Sport ist ein weiteres Reibungsfeld der Kunst, das metaphorische Sandpapier zahlloser Diskussionen ohne Abschluss. Ob etwas Sport ist oder Kunst, scheint bei näherer Betrachtung allein kontextbedingt zu sein. Schließlich ist alles, was innerhalb eines Theaters, auf einer Bühne passiert, immer auch Körperarbeit. Tänzer*innen, keuchende Schauspieler*innen oder durchgeschwitzte Fräcke im Orchestergraben sprechen eine eindeutige Sprache von der körperlichen Leistung der Akteur*innen. Die körperliche Arbeit ist in diesen Fällen Teil der künstlerischen Arbeit und spielt als solche eine untergeordnete Rolle. Im Sport ist es genau umgekehrt. Zuerst einmal gilt: Wer höher, weiter, schneller kommt, der liegt klar im Vorteil, die Sportarten, in denen sich durch die obskure »B-Note« noch etwas retten lässt, sind nicht besonders zahlreich, eigentlich fallen nur Eiskunstlauf, Synchronschwimmen und zum Teil auch Rhythmische Sportgymnastik darunter.

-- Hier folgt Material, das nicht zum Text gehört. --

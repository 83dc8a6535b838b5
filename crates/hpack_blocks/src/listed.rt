ghost use Rattle.std.specs.Prelude.{◌≡◌, [], OnOk, IfOk};
ghost use Rattle.hpack_blocks.specs.Answers.{IsListed, Grows, counted};
ghost use Rattle.hpack_blocks.specs.Table.{size_of};
ghost use Rattle.hpack_blocks.specs.Texts.{field_in};

use crate::fields::Field;
use crate::sizes::octets_size;
use crate::strings::Text;
use outside::{Blob, Memory};
use std::alloc::Global;

/// A field that was read, before its octets are copied.
#[derive(Drop)]
pub struct FieldText<'a> {
    pub name: Text<'a>,
    pub value: Text<'a>,
}

impl FieldText<'_> {
    /// What it counts.
    fn size(&self) -> u64
        ensures { result ≡ counted (size_of (field_in self.now)) }
    {
        octets_size(self.name.bytes(), self.value.bytes())
    }

    /// A copy of the field.
    fn copied(&self, alloc: Global) -> Result<Field, Memory>
        ensures { IfOk result (λ f. f ≡ field_in self.now) }
    {
        let name = Blob::of(alloc, self.name.bytes())?;
        let value = Blob::of(alloc, self.value.bytes())?;
        Ok(Field { name, value })
    }

    /// The field; octets that stand elsewhere are copied.
    pub fn into_field(self, alloc: Global) -> Result<Field, Memory>
        ensures { IfOk result (λ f. f ≡ field_in self.entry) }
    {
        let name = self.name.into_blob(alloc)?;
        let value = self.value.into_blob(alloc)?;
        Ok(Field { name, value })
    }
}

/// The largest list of fields, in the sizes of its entries.
pub const MAX_LIST_SIZE: u64 = 16_384;

/// Fields of a usual request.
const USUAL_FIELDS: usize = 16;

/// A list of fields that is being read, and its size. Past [`MAX_LIST_SIZE`] it keeps the size alone.
#[derive(Drop)]
pub struct Listed {
    pub fields: Vec<Field>,
    pub size: u64,
}

impl Listed {
    /// No field yet, with room for the fields of a usual request.
    pub fn new(alloc: Global) -> Result<Listed, Memory>
        ensures { IfOk result (λ l. IsListed l []) }
    {
        Ok(Listed {
            fields: Vec::with_capacity(alloc, USUAL_FIELDS)?,
            size: 0,
        })
    }

    /// Adds a field. It is copied only where it is kept.
    pub fn push(&mut self, alloc: Global, field: FieldText<'_>) -> Result<(), Memory>
        ensures { OnOk result (Grows self.old self.new (field_in field.entry)) }
    {
        self.size = self.size.saturating_add(field.size());
        if self.size <= MAX_LIST_SIZE {
            self.fields.push(field.into_field(alloc)?)?;
        } else {
            self.fields.clear();
        }
        Ok(())
    }

    /// Adds a copy of a field, which is made only where it is kept.
    pub fn push_copy(&mut self, alloc: Global, field: &FieldText<'_>) -> Result<(), Memory>
        ensures { OnOk result (Grows self.old self.new (field_in field.now)) }
    {
        self.size = self.size.saturating_add(field.size());
        if self.size <= MAX_LIST_SIZE {
            self.fields.push(field.copied(alloc)?)?;
        } else {
            self.fields.clear();
        }
        Ok(())
    }
}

Doch wann und wie kam es überhaupt dazu, dass Synchronschwimmen zum Sport wurde? (Das Warum und Weshalb ist müßig zu beantworten, schließlich gibt es auch Schönheitswettbewerbe, Wettessen und Poetry Slams.) Angeblich gab es schon in der Antike Formen des Synchronschwimmens, im wassergefüllten Kolosseum, als Seeschlachten nachgestellt wurden. Aber dieses Wasserbecken wurde wohl auch anders genutzt. Martial dichtete 80 nach Christus:
»Lusit Nereidum docilis chorus aequore toto
et uario faciles ordine pinxit aquas.«
»Chöre geübter Nereiden bedecken die Wellen,
schildern ein mannigfach Bild in der geschmeidigen Flut.«2
Er preist die hohe Kunst dieser »Nereiden« und beschreibt diverse Figuren, die im Wasser dargestellt wurden. Historiker*innen gehen davon aus, dass diese »Nereiden« sehr wahrscheinlich Sklavinnen waren und die Darbietung im Kern dem heutigen Synchronschwimmen ähnelte.3 Und wenn dem auch nur annähernd so war, wer kann es ihm verdenken, dass er den Verdacht äußerte, die wunderschöne Nymphe Thetis selbst habe den Nereiden diese Kunst gelehrt.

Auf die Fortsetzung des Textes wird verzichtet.